Keep of the reach and sight of children.
4.3. Contraindications
This medicine is contraindicated in individuals with known hypersensitivity to the product or any of its components. This medicine is contraindicated in individuals with severe hypertension or coronary artery disease.
This medicine is contraindicated in individuals who are taking or have taken monoamine oxidase inhibitors within the preceding two weeks. The concomitant use of pseudoephedrine and this type of product may occasionally cause a rise in blood pressure.
This medicine is not intended for use in chronic or persistent cough as occurs with asthma or where cough is accompanied by excessive secretions. Dextromethorphan, in common with other centrally acting antitussive agents should not be given to patients with or at risk of developing respiratory failure.
Not to be used in children under the age of 12 years.
4.4. Special warnings and precautions for use
Although pseudoephedrine has virtually no pressor effects in normotensive patients, this medicine should be used with caution in patients suffering mild to moderate hypertension. As with other sympathomimetic agents, this medicine should be used with caution in patients with hypertension, heart disease, diabetes, hyperthyroidism, elevated intraocular pressure and prostatic enlargement.
Caution should be exercised when using the product in the presence of severe hepatic impairment or moderate to severe renal impairment (particularly if accompanied by cardiovascular disease).
There have been a few reports of abuse of dextromethorphan but there is no evidence of drug dependance at therapeutic doses.
Not more than 4 doses should be given in any 24 hours.
The pack carries the following statements:
This medicine can make you feel sleepy. Do not drive while taking this medicine until you know how it makes you feel. See the leaflet inside for more information.
Store below 25°C. Protect from light.
Keep out of the reach and sight of children.
‘Warning: do not exceed stated dose.’
Avoid alcoholic drink.
As with all medicines if you are pregnant, or currently taking any other medicine, consult your doctor or pharmacist before taking this product.
If symptoms persist consult your doctor.
4.5. Interactions with other medicinal products and other forms of interaction
Concomitant use of this medicine with tricyclic antidepressants, sympathomimetic agents (such as decongestants, appetite suppressants and amfetamine-like psychostimulants) or with monoamine oxidase inhibitors, which interfere with the catabolism of sympathomimetic amines, may occasionally cause a rise in blood pressure.
Because of its pseudoephedrine content, this medicine may partially reverse the hypotensive action of drugs which interfere with sympathetic activity including bretylium, betanidine, guanethedine, debrisoquine, methyldopa, alpha and beta-adrenergic blocking agents.

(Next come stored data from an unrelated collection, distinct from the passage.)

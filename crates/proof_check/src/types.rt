//! The types of the text of a log.

ghost use Rattle.std.specs.Prelude.{◌≡◌};
ghost use Rattle.proof_check.specs.declared.types.LogErr.TheVariants.{NoMemory as WantOfMemory};

use clause_base::Log;
use loc_base::{Digest, NoMemory};
use thiserror::Error;

/// A log with the digest of the inputs that it is for.
#[derive(Drop)]
pub struct LogText {
    pub inputs: Digest,
    pub log: Log,
}

/// Why a text wasn't read as a log.
#[derive(Clone, Copy, Debug, PartialEq, Eq, Error)]
pub enum LogErr {
    /// The text isn't of the form. The line is the first that isn't, counted from 1.
    #[error("line {line} of the log isn't of its form")]
    LogSyntax { line: u64 },
    #[error("out of memory")]
    NoMemory,
}

impl From<NoMemory> for LogErr {
    ghost from_gives = { λ _ e. e ≡ WantOfMemory };

    fn from(_want: NoMemory) -> LogErr {
        LogErr::NoMemory
    }
}
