/// Which literal of a variable is in the set at hand: its sign, and the stamp of the set that it was marked for.
#[derive(Clone, Copy, Debug, PartialEq, Eq)]
pub(crate) struct Mark {
    pub(crate) stamp: u32,
    pub(crate) negated: bool,
}

/// The mark of a variable that is in no set.
pub(crate) const BLANK: Mark = Mark {
    stamp: 0,
    negated: false,
};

4.6 Pregnancy and Lactation
Although pseudoephedrine and dextromethorphan have been in widespread use for many years without apparent ill consequence, there are no specific data on their use during pregnancy. Caution should therefore be exercised by balancing the potential benefit of treatment to the mother against any possible hazards to the developing foetus.

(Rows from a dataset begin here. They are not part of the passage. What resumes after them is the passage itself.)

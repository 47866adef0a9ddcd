//! Designs of texts, traces of them, and suspects.

ghost use Rattle.std.specs.Prelude.{IfOk};
ghost use Rattle.front_end.specs.Means.{IsReady};

use bit_circuit::{Circuit, blast};
use design_core::{Checked, Design, Trace};
use front_end::{Format, FrontEnd, Ordered, ReadBy};
use loc_base::{Bits, Items, Name};
use plain_values::width_at;
use std::alloc::Global;
use std::test::Fail;
use suspect_map::{Group, Groups};
use v_synth::word_net;
use verilog_front_end::Verilog;

fn name(alloc: Global, text: &str) -> Result<Name, Fail> {
    match Name::new(alloc, text.as_bytes())? {
        Some(name) => Ok(name),
        None => Err(Fail::new("no name")),
    }
}

/// The design of the module `m` of a text, with the clock `clk`.
pub(super) fn read(alloc: Global, text: &str) -> Result<Ordered, Fail>
    ensures { IfOk result (λ o. IsReady o.design o.order) }
{
    let top = name(alloc, "m")?;
    let clk = name(alloc, "clk")?;
    let clock = Some(&clk);
    let by = ReadBy {
        format: Format::Verilog,
        top: &top,
        clock,
    };
    match Verilog.read(alloc, text.as_bytes(), &by) {
        Ok(ready) => Ok(ready),
        Err(_) => Err(Fail::new("no design")),
    }
}

/// The circuit of a design.
pub(super) fn circuit(alloc: Global, ready: &Ordered) -> Result<Circuit, Fail>
    requires { IsReady ready.now.design ready.now.order }
{
    if ready.design.signals.len() > 1_048_576 {
        return Err(Fail::new("too many signals"));
    }
    let net = word_net(alloc, &ready.design, &ready.order)?;
    match blast(alloc, &net) {
        Ok(circuit) => Ok(circuit),
        Err(_) => Err(Fail::new("no circuit")),
    }
}

/// A word of a width.
pub(super) fn word(width: u8, value: u128) -> Result<Bits, Fail> {
    match Bits::new(width, value) {
        Some(word) => Ok(word),
        None => Err(Fail::new("no such word")),
    }
}

/// The value of a digit from `0` to `f`.
fn digit(letter: u8) -> Option<u128> {
    match letter {
        b'0'..=b'9' => Some(u128::from(letter - b'0')),
        b'a'..=b'f' => Some(u128::from(letter - b'a') + 10),
        _ => None,
    }
}

/// The sample of an input, by a digit.
fn sample(width: u8, letter: u8) -> Result<Bits, Fail> {
    match digit(letter) {
        Some(value) => word(width, value),
        None => Err(Fail::new("no digit")),
    }
}

/// What is expected of an output: a digit, or anything else where it is not checked.
fn checked(width: u8, letter: u8) -> Result<Checked, Fail> {
    if width < 1 || width > 4 {
        return Err(Fail::new("too wide"));
    }
    let all = 15 >> (4 - width);
    match digit(letter) {
        Some(value) => Ok(Checked {
            value: word(width, value)?,
            mask: word(width, all)?,
        }),
        None => Ok(Checked {
            value: word(width, 0)?,
            mask: word(width, 0)?,
        }),
    }
}

/// The width of a signal among some.
fn width_of(design: &Design, signals: &[u32], at: usize) -> u8 {
    match signals.get(at) {
        Some(signal) => width_at(&design.signals, *signal as usize),
        None => 0,
    }
}

/// A trace of a cycle for each text: a letter for each input, then one for each output.
fn trace(alloc: Global, design: &Design, cycles: &[&str]) -> Result<Trace, Fail> {
    let mut trace = Trace {
        cycles: 0,
        inputs: Vec::new(alloc),
        expected: Vec::new(alloc),
    };
    let inputs = design.inputs.len();
    for text in cycles {
        for (i, letter) in text.as_bytes().iter().enumerate() {
            if i < inputs {
                let width = width_of(design, &design.inputs, i);
                trace.inputs.push(sample(width, *letter)?)?;
            } else {
                let width = width_of(design, &design.outputs, i - inputs);
                trace.expected.push(checked(width, *letter)?)?;
            }
        }
        trace.cycles = trace.cycles.wrapping_add(1);
    }
    Ok(trace)
}

/// Traces, each by its cycles.
pub(super) fn traces(
    alloc: Global,
    design: &Design,
    texts: &[&[&str]],
) -> Result<Vec<Trace>, Fail> {
    let mut traces = Vec::new(alloc);
    for cycles in texts {
        traces.push(trace(alloc, design, *cycles)?)?;
    }
    Ok(traces)
}

/// A suspect for each list of places.
pub(super) fn suspects(alloc: Global, places: &[&[u32]]) -> Result<Groups, Fail> {
    let mut groups = Items::new(alloc);
    for own in places {
        groups.push(Group {
            kind: name(alloc, "suspect")?,
            label: name(alloc, "m")?,
            places: Items::copy_of(alloc, *own)?,
        })?;
    }
    Ok(groups)
}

Systemic administration of pseudoephedrine, up to 50 times the human daily dosage in rats and up to 35 times the human daily dosage in rabbits, did not produce teratogenic effects. There is insufficient information available to determine whether or not dextromethorphan has teratogenic potential.
Pseudoephedrine is excreted in breast milk in small amounts but the effect of this on breast fed infants is not known. It has been estimated that 0.5 - 0.7% of a single dose of pseudoephedrine ingested by a mother will be excreted in the breast milk over 24 hours. It is not known whether dextromethorphan or its metabolites are excreted in breast milk.
4.7. Effects on ability to drive and use machines
This medicine can impair cognitive function and can affect a patient’s ability to drive safely. This class of medicine is in the list of drugs included in regulations under 5a of the Road Traffic Act 1988. When taking this medicine, patients should be told:
• The medicine is likely to affect your ability to drive
• Do not drive until you know how the medicine affects you
• It is an offence to drive while under the influence of this medicine
• However, you would not be committing an offence (called ‘statutory defence’) if: o The medicine has been taken to treat a medical or dental problem and
o You have taken it according to the information provided with the medicine and
o It was not affecting your ability to drive safely.
Details regarding a new driving offence concerning driving after drugs have been taken in the UK may be found here: https://www.gov.uk/drug-driving-law
4.8 Undesirable Effects
Serious adverse effects associated with the use of pseudoephedrine are rare.
Symptoms of central nervous system excitation may occur including sleep disturbance and rarely, hallucinations. Skin rashes, with or without irritation have occasionally been reported.
Urinary retention has been reported occasionally in men receiving pseudoephedrine; prostatic enlargement could have been an important predisposing factor.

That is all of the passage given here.